Add XGrid.get_axis_dim_mapping

VeckoTheGecko · VeckoTheGecko · commit ae58c0ecc0f3 · 2025-07-16T13:13:45.000+02:00
diff --git a/parcels/application_kernels/interpolation.py b/parcels/application_kernels/interpolation.py
@@ -33,15 +33,16 @@ def XTriCurviLinear(
     yi, eta = position["Y"]
     zi, zeta = position["Z"]
     data = field.data
+    axis_dim = field.grid.get_axis_dim_mapping(field.data.dims)
 
     return (
         (
-            (1 - xsi) * (1 - eta) * data.isel(YG=yi, XG=xi)
-            + xsi * (1 - eta) * data.isel(YG=yi, XG=xi + 1)
-            + xsi * eta * data.isel(YG=yi + 1, XG=xi + 1)
-            + (1 - xsi) * eta * data.isel(YG=yi + 1, XG=xi)
+            (1 - xsi) * (1 - eta) * data.isel({axis_dim["Y"]: yi, axis_dim["X"]: xi})
+            + xsi * (1 - eta) * data.isel({axis_dim["Y"]: yi, axis_dim["X"]: xi + 1})
+            + xsi * eta * data.isel({axis_dim["Y"]: yi + 1, axis_dim["X"]: xi + 1})

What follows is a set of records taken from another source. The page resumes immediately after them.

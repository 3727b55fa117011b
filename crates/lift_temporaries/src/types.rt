//! The types of the temporaries of an expression, in the order of their numbers (ISO C99, 6.5). The walks are refused only for want of memory.

ghost use Rattle.std.specs.Prelude.{◌≡◌, true, false, ◌++◌, map, OnOk};
ghost use Rattle.cx_core.specs.Views.{exprs_of, puts_of, view_expr, view_put};
ghost use Rattle.lift_exprs.specs.Temporaries as spec;
ghost use Rattle.lift_stores.specs.Names.{lift_names};
ghost use Rattle.lift_temporaries.specs.Behind.{names_of, types_behind, types_behind_args, types_behind_parts, types_behind_puts};
ghost use Rattle.rs_items.specs.Known.{view_names};
ghost use Rattle.rs_tree.specs.Views.{ty_view};

use cr_base::{Items, Memory};
use cx_core::{CoreExpr, Form, Put};
use lift_held::{Asked, holds_call, is_held, is_void, some_holds_call};
use lift_stores::{held_type, kind_of_node};
use rs_items::NameMap;
use rs_tree::RTy;
use std::alloc::Global;

// An operand whose value is used, with a call to its right or without.
fn operand_before(call_behind: bool) -> Asked
    ensures { result ≡ record { used = true; pinned = call_behind; is_base = false } }
{
    Asked {
        used: true,
        pinned: call_behind,
        is_base: false,
    }
}

// What is evaluated alone, whose value is used or not.
fn part_of(used: bool) -> Asked
    ensures { result ≡ record { used = used; pinned = false; is_base = false } }
{
    Asked {
        used,
        pinned: false,
        is_base: false,
    }
}

// What a member is of.
fn whole_of(is_bits: bool) -> Asked
    ensures { result ≡ record { used = true; pinned = false; is_base = is_bits } }
{
    Asked {
        used: true,
        pinned: false,
        is_base: is_bits,
    }
}

// Those of an expression behind others.
#[cycle(holding)]
#[tactic(auto, unfolding(crate::specs::Behind::names_of))]
fn types_behind(
    alloc: Global,
    e: &CoreExpr,
    names: &NameMap,
    asked: Asked,
    types: &mut Items<RTy>,
) -> Result<(), Memory>
    ensures { OnOk result (map ty_view types.new ≡ types_behind (names_of names.now) asked (view_expr e.now) (map ty_view types.old)) }
{
    parts_behind(alloc, e, names, asked, types)?;
    if is_held(asked, e) {
        let kind = kind_of_node(alloc, names, e)?;
        types.push(held_type(alloc, kind)?.into_inner())?;
    }
    Ok(())
}

// Those of the parts of a node.
#[cycle(holding)]
fn parts_behind(
    alloc: Global,
    e: &CoreExpr,
    names: &NameMap,
    asked: Asked,
    types: &mut Items<RTy>,
) -> Result<(), Memory>
    ensures { OnOk result (map ty_view types.new ≡ types_behind_parts (names_of names.now) asked (view_expr e.now) (map ty_view types.old)) }
{
    match &e.form {
        Form::Whole(_) | Form::Null | Form::Object(_) | Form::Code(_) => Ok(()),
        Form::Load(of) | Form::Deref(of) | Form::Address(of) | Form::Unary(_, of) => {
            types_behind(alloc, of.get(), names, operand_before(false), types)
        }
        Form::Member(of, spot) => types_behind(
            alloc,
            of.get(),
            names,
            whole_of(spot.width != 0),
            types,
        ),
        Form::Convert(of) => {
            types_behind(alloc, of.get(), names, part_of(!is_void(&e.ty)), types)
        }
        Form::Step { on, .. } => types_behind(alloc, on.get(), names, operand_before(false), types),
        Form::And(left, right) | Form::Or(left, right) => {
            types_behind(alloc, left.get(), names, operand_before(false), types)?;
            types_behind(alloc, right.get(), names, operand_before(false), types)
        }
        Form::Binary(_, left, right)
        | Form::Assign(left, right)
        | Form::AssignBy(_, _, left, right) => {
            let first = operand_before(holds_call(right.get()));
            types_behind(alloc, left.get(), names, first, types)?;
            types_behind(alloc, right.get(), names, operand_before(false), types)
        }
        Form::Cond(test, first, second) => {
            types_behind(alloc, test.get(), names, operand_before(false), types)?;
            types_behind(alloc, first.get(), names, part_of(asked.used), types)?;
            types_behind(alloc, second.get(), names, part_of(asked.used), types)
        }
        Form::Comma(first, second) => {
            types_behind(alloc, first.get(), names, part_of(false), types)?;
            types_behind(alloc, second.get(), names, part_of(asked.used), types)
        }
        Form::Call(_, args) => args_behind(alloc, args.as_slice(), names, types),
        Form::CallBy(callee, args) => {
            let first = operand_before(some_holds_call(args.as_slice()));
            types_behind(alloc, callee.get(), names, first, types)?;
            args_behind(alloc, args.as_slice(), names, types)
        }
        Form::Literal(_, puts) => puts_behind(alloc, puts.as_slice(), names, types),
    }
}

// Those of arguments, from the left.
#[cycle(holding)]
fn args_behind(
    alloc: Global,
    args: &[CoreExpr],
    names: &NameMap,
    types: &mut Items<RTy>,
) -> Result<(), Memory>
    ensures { OnOk result (map ty_view types.new ≡ types_behind_args (names_of names.now) (exprs_of (map view_expr args.now)) (map ty_view types.old)) }
{
    for index in 0..args.len() {
        let call_behind = some_holds_call(&args[index + 1..]);
        types_behind(
            alloc,
            &args[index],
            names,
            operand_before(call_behind),
            types,
        )?;
    }
    Ok(())
}

// Those of values that an initialiser stores, in their order.
#[cycle(holding)]
fn puts_behind(
    alloc: Global,
    puts: &[Put],
    names: &NameMap,
    types: &mut Items<RTy>,
) -> Result<(), Memory>
    ensures { OnOk result (map ty_view types.new ≡ types_behind_puts (names_of names.now) (puts_of (map view_put puts.now)) (map ty_view types.old)) }
{
    for one in puts {
        let asked = operand_before(one.spot.width > 0);
        types_behind(alloc, one.value.get(), names, asked, types)?;
    }
    Ok(())
}

/// Those of an expression behind others.
#[tactic(auto, using(crate::proofs::Behinds::behind), unfolding(crate::specs::Behind::names_of))]
pub fn held_types(
    alloc: Global,
    names: &NameMap,
    asked: Asked,
    e: &CoreExpr,
    types: &mut Items<RTy>,
) -> Result<(), Memory>
    ensures { OnOk result (map ty_view types.new ≡ map ty_view types.old ++ spec.held_types (lift_names (view_names names.now)) asked (view_expr e.now)) }
{
    types_behind(alloc, e, names, asked, types)
}

/// Those of values that an initialiser stores, in their order, behind others.
#[tactic(auto, using(crate::proofs::Behinds::behind_puts), unfolding(crate::specs::Behind::names_of))]
pub fn held_types_in_puts(
    alloc: Global,
    names: &NameMap,
    puts: &[Put],
    types: &mut Items<RTy>,
) -> Result<(), Memory>
    ensures { OnOk result (map ty_view types.new ≡ map ty_view types.old ++ spec.held_types_in_puts (lift_names (view_names names.now)) (puts_of (map view_put puts.now))) }
{
    puts_behind(alloc, puts, names, types)
}
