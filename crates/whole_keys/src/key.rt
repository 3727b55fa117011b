/// What gets a name in a module.
#[derive(Clone, Copy, Debug, PartialEq, Eq, Hash)]
pub enum NameKey {
    /// A function, an object or a record of the program, by its number.
    Function(u32),
    Object(u32),
    Record(u32),
    /// The `calloc` that is called in the place of `malloc`.
    Calloc,
    /// An external function, declared once more without parameters.
    BareFunction(u32),
}
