//! Where the thing of a number stands in a program (ISO C99, 6.2.1).

ghost use Rattle.std.specs.Prelude.{◌≡◌, ℕ, ◌==◌, if◌then◌else◌, Some, map, option_map, IfOk, OnOk};
ghost use Rattle.cx_core.specs.Typing.{function_with, object_with, outer_with};
ghost use Rattle.cx_core.specs.Views.{view_function, view_object, view_outer, view_program};
ghost use Rattle.whole_keys.specs.Places.{ArePlaces, first_from, has_function, has_object, has_outer, placed};

use cr_base::Memory;
use cx_core::{CoreObject, Fun, Outer, Parts};
use std::alloc::Global;
use std::collections::HashMap;

/// Where the things of a program stand in its lists, by their numbers.
#[derive(Drop)]
pub struct Places {
    objects: HashMap<u32, usize>,
    functions: HashMap<u32, usize>,
    externals: HashMap<u32, usize>,
}

// Notes where a number stands.
fn note(places: &mut HashMap<u32, usize>, number: u32, place: usize) -> Result<(), Memory>
    ensures { OnOk result ((other : ℕ) → placed places.new other ≡ (if number == other then Some place else placed places.old other)) }
{
    places.insert(number, place)?;
    Ok(())
}

// Where the first object of each number stands.
fn object_places(alloc: Global, objects: &[CoreObject]) -> Result<HashMap<u32, usize>, Memory>
    ensures { IfOk result (λ places. (number : ℕ) → placed places number ≡ first_from 0 (has_object number) (map view_object objects.now)) }
{
    let mut places = HashMap::new(alloc);
    let mut left = objects.len();
    while left > 0 {
        left -= 1;
        note(&mut places, objects[left].object, left)?;
    }
    Ok(places)
}

// Where the first function of each number stands.
fn function_places(alloc: Global, functions: &[Fun]) -> Result<HashMap<u32, usize>, Memory>
    ensures { IfOk result (λ places. (number : ℕ) → placed places number ≡ first_from 0 (has_function number) (map view_function functions.now)) }
{
    let mut places = HashMap::new(alloc);
    let mut left = functions.len();
    while left > 0 {
        left -= 1;
        note(&mut places, functions[left].function, left)?;
    }
    Ok(places)
}

// Where the first external function of each number stands.
fn outer_places(alloc: Global, externals: &[Outer]) -> Result<HashMap<u32, usize>, Memory>
    ensures { IfOk result (λ places. (number : ℕ) → placed places number ≡ first_from 0 (has_outer number) (map view_outer externals.now)) }
{
    let mut places = HashMap::new(alloc);
    let mut left = externals.len();
    while left > 0 {
        left -= 1;
        note(&mut places, externals[left].function, left)?;
    }
    Ok(places)
}

impl Places {
    /// Those of a program. Refused only for want of memory.
    pub fn of(alloc: Global, parts: &Parts) -> Result<Places, Memory>
        ensures { IfOk result (λ places. ArePlaces places (view_program parts.now)) }
    {
        let objects = object_places(alloc, parts.objects.as_slice())?;
        let functions = function_places(alloc, parts.functions.as_slice())?;
        let externals = outer_places(alloc, parts.externals.as_slice())?;
        Ok(Places {
            objects,
            functions,
            externals,
        })
    }

    /// The object with a number.
    pub fn object<'a>(&self, parts: &'a Parts, number: u32) -> Option<&'a CoreObject>
        requires { ArePlaces self.now (view_program parts.now) }
        ensures { option_map (λ one. view_object one.now) result ≡ object_with number (view_program parts.now).objects }
    {
        match self.objects.get(&number) {
            None => None,
            Some(place) => parts.objects.get(*place),
        }
    }

    /// The function with a number, where a unit defines it.
    pub fn function<'a>(&self, parts: &'a Parts, number: u32) -> Option<&'a Fun>
        requires { ArePlaces self.now (view_program parts.now) }
        ensures { option_map (λ one. view_function one.now) result ≡ function_with number (view_program parts.now).functions }
    {
        match self.functions.get(&number) {
            None => None,
            Some(place) => parts.functions.get(*place),
        }
    }

    /// The external function with a number.
    pub fn outer<'a>(&self, parts: &'a Parts, number: u32) -> Option<&'a Outer>
        requires { ArePlaces self.now (view_program parts.now) }
        ensures { option_map (λ one. view_outer one.now) result ≡ outer_with number (view_program parts.now).externals }
    {
        match self.externals.get(&number) {
            None => None,
            Some(place) => parts.externals.get(*place),
        }
    }
}
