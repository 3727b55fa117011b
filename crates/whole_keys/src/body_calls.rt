//! The calls by name in a statement, and those of a unit (ISO C99, 6.5.2.2, 6.8). The walks are refused only for want of memory.

ghost use Rattle.std.specs.Prelude.{◌≡◌, map, option_map, IfOk, OnOk};
ghost use Rattle.cx_core.specs.Views.{otherwise_of, stmts_of, view_function, view_object, view_program, view_stmt};
ghost use Rattle.whole_keys.specs.Behind.{calls_behind_else, calls_behind_function, calls_behind_functions, calls_behind_object, calls_behind_objects, calls_behind_stmt, calls_behind_stmts};
ghost use Rattle.whole_keys.specs.Views.{view_call};
ghost use Rattle.whole_names.specs.Keys.{calls_of};

use crate::calls::{NamedCall, calls_behind, contents_behind, option_behind};
use cr_base::{Boxed, Items, Memory};
use cx_core::{CoreObject, CoreStmt, Fun, Parts, StmtForm};
use std::alloc::Global;

// Those of a statement behind others.
#[cycle(stmts)]
fn stmt_behind(s: &CoreStmt, calls: &mut Items<NamedCall>) -> Result<(), Memory>
    ensures { OnOk result (map view_call calls.new ≡ calls_behind_stmt (view_stmt s.now) (map view_call calls.old)) }
{
    match &s.form {
        StmtForm::Label(_, body) | StmtForm::Case(_, body) | StmtForm::Default(body) => {
            stmt_behind(body.get(), calls)
        }
        StmtForm::Block(stmts) => stmts_behind(stmts.as_slice(), calls),
        StmtForm::Expr(value) | StmtForm::Return(value) => option_behind(value, calls),
        StmtForm::If(test, body, otherwise) => {
            calls_behind(test.get(), calls)?;
            stmt_behind(body.get(), calls)?;
            else_behind(otherwise, calls)
        }
        StmtForm::Switch(value, body) | StmtForm::While(value, body) => {
            calls_behind(value.get(), calls)?;
            stmt_behind(body.get(), calls)
        }
        StmtForm::Do(body, test) => {
            stmt_behind(body.get(), calls)?;
            calls_behind(test.get(), calls)
        }
        StmtForm::For {
            first,
            test,
            next,
            body,
        } => {
            stmts_behind(first.as_slice(), calls)?;
            option_behind(test, calls)?;
            option_behind(next, calls)?;
            stmt_behind(body.get(), calls)
        }
        StmtForm::Goto(_) | StmtForm::Continue | StmtForm::Break => Ok(()),
        StmtForm::Begin(_, contents) => contents_behind(contents, calls),
    }
}

// Those of what follows `else`.
#[cycle(stmts)]
fn else_behind(
    otherwise: &Option<Boxed<CoreStmt>>,
    calls: &mut Items<NamedCall>,
) -> Result<(), Memory>
    ensures { OnOk result (map view_call calls.new ≡ calls_behind_else (otherwise_of (option_map view_stmt otherwise.now)) (map view_call calls.old)) }
{
    match otherwise {
        None => Ok(()),
        Some(body) => stmt_behind(body.get(), calls),
    }
}

// Those of statements, in their order.
#[cycle(stmts)]
fn stmts_behind(stmts: &[CoreStmt], calls: &mut Items<NamedCall>) -> Result<(), Memory>
    ensures { OnOk result (map view_call calls.new ≡ calls_behind_stmts (stmts_of (map view_stmt stmts.now)) (map view_call calls.old)) }
{
    for one in stmts {
        stmt_behind(one, calls)?;
    }
    Ok(())
}

// Those of an object that is of the unit.
fn object_behind(one: &CoreObject, unit: u32, calls: &mut Items<NamedCall>) -> Result<(), Memory>
    ensures { OnOk result (map view_call calls.new ≡ calls_behind_object unit (view_object one.now) (map view_call calls.old)) }
{
    if one.unit == unit {
        return contents_behind(&one.puts, calls);
    }
    Ok(())
}

// Those of the objects of a unit, behind others.
fn objects_behind(
    objects: &[CoreObject],
    unit: u32,
    calls: &mut Items<NamedCall>,
) -> Result<(), Memory>
    ensures { OnOk result (map view_call calls.new ≡ calls_behind_objects unit (map view_object objects.now) (map view_call calls.old)) }
{
    for one in objects {
        object_behind(one, unit, calls)?;
    }
    Ok(())
}

// Those of a function that is of the unit.
fn function_behind(one: &Fun, unit: u32, calls: &mut Items<NamedCall>) -> Result<(), Memory>
    ensures { OnOk result (map view_call calls.new ≡ calls_behind_function unit (view_function one.now) (map view_call calls.old)) }
{
    if one.unit == unit {
        return stmt_behind(&one.body, calls);
    }
    Ok(())
}

// Those of the functions of a unit, behind others.
fn functions_behind(
    functions: &[Fun],
    unit: u32,
    calls: &mut Items<NamedCall>,
) -> Result<(), Memory>
    ensures { OnOk result (map view_call calls.new ≡ calls_behind_functions unit (map view_function functions.now) (map view_call calls.old)) }
{
    for one in functions {
        function_behind(one, unit, calls)?;
    }
    Ok(())
}

/// The calls by name of a unit.
pub fn calls_of(alloc: Global, parts: &Parts, unit: u32) -> Result<Items<NamedCall>, Memory>
    ensures { IfOk result (λ calls. map view_call calls ≡ calls_of (view_program parts.now) unit) }
{
    let mut calls = Items::new(alloc);
    objects_behind(parts.objects.as_slice(), unit, &mut calls)?;
    functions_behind(parts.functions.as_slice(), unit, &mut calls)?;
    Ok(calls)
}
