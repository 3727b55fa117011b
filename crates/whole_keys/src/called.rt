//! Which functions a unit calls by name (ISO C99, 6.5.2.2).

ghost use Rattle.std.specs.Prelude.{◌≡◌, ℕ, ◌==◌, ◌&&◌, ◌||◌, not, map, IfOk, OnOk};
ghost use Rattle.whole_keys.specs.Called.{is_in};
ghost use Rattle.whole_keys.specs.Views.{view_call};
ghost use Rattle.whole_names.specs.Keys.{is_called, is_called_bare, is_called_with};

use crate::calls::NamedCall;
use cr_base::{Items, Memory};
use std::alloc::Global;
use std::collections::HashSet;
use std::marker::Model;

/// The calls by name of a unit, with an index of the functions that are called with arguments and of those that are called without. Contracts see the list of the
/// calls.
#[derive(Drop)]
pub struct Called {
    calls: Items<NamedCall>,
    with_args: HashSet<u32>,
    bare: HashSet<u32>,
}

impl Model for Called {
    ghost use Rattle.std.specs.Prelude.{List, map};
    ghost use Rattle.whole_keys.specs.Called.{AreCalled};
    ghost use Rattle.whole_keys.specs.Views.{view_call};
    ghost use Rattle.whole_names.specs.Calls.{NamedCall};

    ghost Value = { List NamedCall };

    ghost view = { λ it. map view_call it.calls };

    ghost invariant = { λ it. AreCalled (map view_call it.calls) it.with_args it.bare };
}

// Notes the callee of a call with arguments.
fn note_with(called: &mut HashSet<u32>, one: NamedCall) -> Result<(), Memory>
    ensures { OnOk result ((number : ℕ) → is_in called.new number ≡ (is_in called.old number || (one.callee == number && not one.is_bare))) }
{
    if one.is_bare {
        return Ok(());
    }
    called.insert(one.callee)?;
    Ok(())
}

// The functions that are called with arguments.
fn called_with(alloc: Global, calls: &[NamedCall]) -> Result<HashSet<u32>, Memory>
    ensures { IfOk result (λ made. (number : ℕ) → is_in made number ≡ is_called_with (map view_call calls.now) number) }
{
    let mut called = HashSet::new(alloc);
    for one in calls {
        note_with(&mut called, *one)?;
    }
    Ok(called)
}

// Notes the callee of a call without arguments.
fn note_bare(called: &mut HashSet<u32>, one: NamedCall) -> Result<(), Memory>
    ensures { OnOk result ((number : ℕ) → is_in called.new number ≡ (is_in called.old number || (one.callee == number && one.is_bare))) }
{
    if !one.is_bare {
        return Ok(());
    }
    called.insert(one.callee)?;
    Ok(())
}

// The functions that are called without arguments.
fn called_bare(alloc: Global, calls: &[NamedCall]) -> Result<HashSet<u32>, Memory>
    ensures { IfOk result (λ made. (number : ℕ) → is_in made number ≡ is_called_bare (map view_call calls.now) number) }
{
    let mut called = HashSet::new(alloc);
    for one in calls {
        note_bare(&mut called, *one)?;
    }
    Ok(called)
}

impl Called {
    /// Those of a list. Refused only for want of memory.
    pub fn of(alloc: Global, calls: Items<NamedCall>) -> Result<Called, Memory>
        ensures { IfOk result (λ made. made ≡ map view_call calls) }
    {
        let with_args = called_with(alloc, calls.as_slice())?;
        let bare = called_bare(alloc, calls.as_slice())?;
        Ok(Called {
            calls,
            with_args,
            bare,
        })
    }

    /// Whether a function is called with arguments.
    pub fn is_called_with(&self, number: u32) -> bool
        ensures { result ≡ is_called_with self.now number }
    {
        self.with_args.contains(&number)
    }

    /// Whether a function is called without arguments.
    pub fn is_called_bare(&self, number: u32) -> bool
        ensures { result ≡ is_called_bare self.now number }
    {
        self.bare.contains(&number)
    }

    /// Whether a function is called.
    pub fn is_called(&self, number: u32) -> bool
        ensures { result ≡ is_called self.now number }
    {
        self.is_called_with(number) || self.is_called_bare(number)
    }
}
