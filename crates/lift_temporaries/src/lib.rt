//! The temporaries of expressions, as code: one for each held operand, with its type and its name (ISO C99, 6.5).
#![tactic(auto)]

mod types;

pub use types::{held_types, held_types_in_puts};
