//! The laws: each function's contract is a theorem, and calling it does nothing.
ghost use Rattle.search_core.specs.Laws.{TheAnswerIsNeverLost, NoBetterSetIsLost, ADoneStateHasTheAnswer, ASeatHoldsOneNode, SettlingLessensTheWork, TakingLeavesTheWork, GivingBackLeavesTheWork, TheLeastCostIsTheLeastCeiling};

/// In each state that a history reaches the answer is the best set, or it lies in the region of a node
/// that is open or held.
pub fn the_answer_is_never_lost()
    ensures answer { TheAnswerIsNeverLost }
    ensures each { NoBetterSetIsLost }
{}

/// The best set of a state that is done is the answer.
pub fn a_done_state_has_the_answer()
    ensures { ADoneStateHasTheAnswer }
{}

/// Each seat holds one node at most.
pub fn a_seat_holds_one_node()
    ensures { ASeatHoldsOneNode }
{}

/// Each node that is split, cut or confirmed leaves less work, one that is taken or given back as much:
/// a search in which each node that is taken is settled ends.
pub fn settling_lessens_the_work()
    ensures settled { SettlingLessensTheWork }
    ensures taken { TakingLeavesTheWork }
    ensures given_back { GivingBackLeavesTheWork }
{}

/// The ceilings are the costs that aren't less than that of the answer.
pub fn the_least_cost_is_the_least_ceiling()
    ensures { TheLeastCostIsTheLeastCeiling }
{}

+            + (1 - xsi) * eta * data.isel({axis_dim["Y"]: yi + 1, axis_dim["X"]: xi})
         )
-        .interp(time=t, ZG=zi + zeta)
+        .interp(time=t, **{axis_dim["Z"]: zi + zeta})
         .values
     )
 
@@ -57,10 +58,13 @@ def XTriRectiLinear(
     x: np.float32 | np.float64,
 ):
     """Trilinear interpolation on a rectilinear grid."""
+    axis_dim = field.grid.get_axis_dim_mapping(field.data.dims)
+
     xi, xsi = position["X"]
     yi, eta = position["Y"]
     zi, zeta = position["Z"]
-    return field.data.interp(time=t, ZG=zi + zeta, YG=yi + eta, XG=xi + xsi).values
+    kwargs = {axis_dim["X"]: xi + xsi, axis_dim["Y"]: yi + eta, axis_dim["Z"]: zi + zeta}
+    return field.data.interp(time=t, **kwargs).values
 
 
 def UXPiecewiseConstantFace(
diff --git a/parcels/xgrid.py b/parcels/xgrid.py
@@ -246,6 +246,38 @@ def _fpoint_info(self):
 
         return axis_position_mapping
 
+    def get_axis_dim_mapping(self, dims: list[str]) -> dict[_XGRID_AXES, str]:
+        """
+        Maps xarray dimension names to their corresponding axis (X, Y, Z).
+
+        WARNING: This API is unstable and subject to change in future versions.
+
+        Parameters
+        ----------
+        dims : list[str]
+            List of xarray dimension names
+
+        Returns
+        -------
+        dict[_XGRID_AXES, str]
+            Dictionary mapping axes (X, Y, Z) to their corresponding dimension names
+
+        Examples
+        --------
+        >>> grid.get_axis_dim_mapping(['time', 'lat', 'lon'])
+        {'Y': 'lat', 'X': 'lon'}
+
+        Notes
+        -----
+        Only returns mappings for spatial axes (X, Y, Z) that are present in the grid.
+        """
+        result = {}
+        for dim in dims:
+            axis = get_axis_from_dim_name(self.xgcm_grid.axes, dim)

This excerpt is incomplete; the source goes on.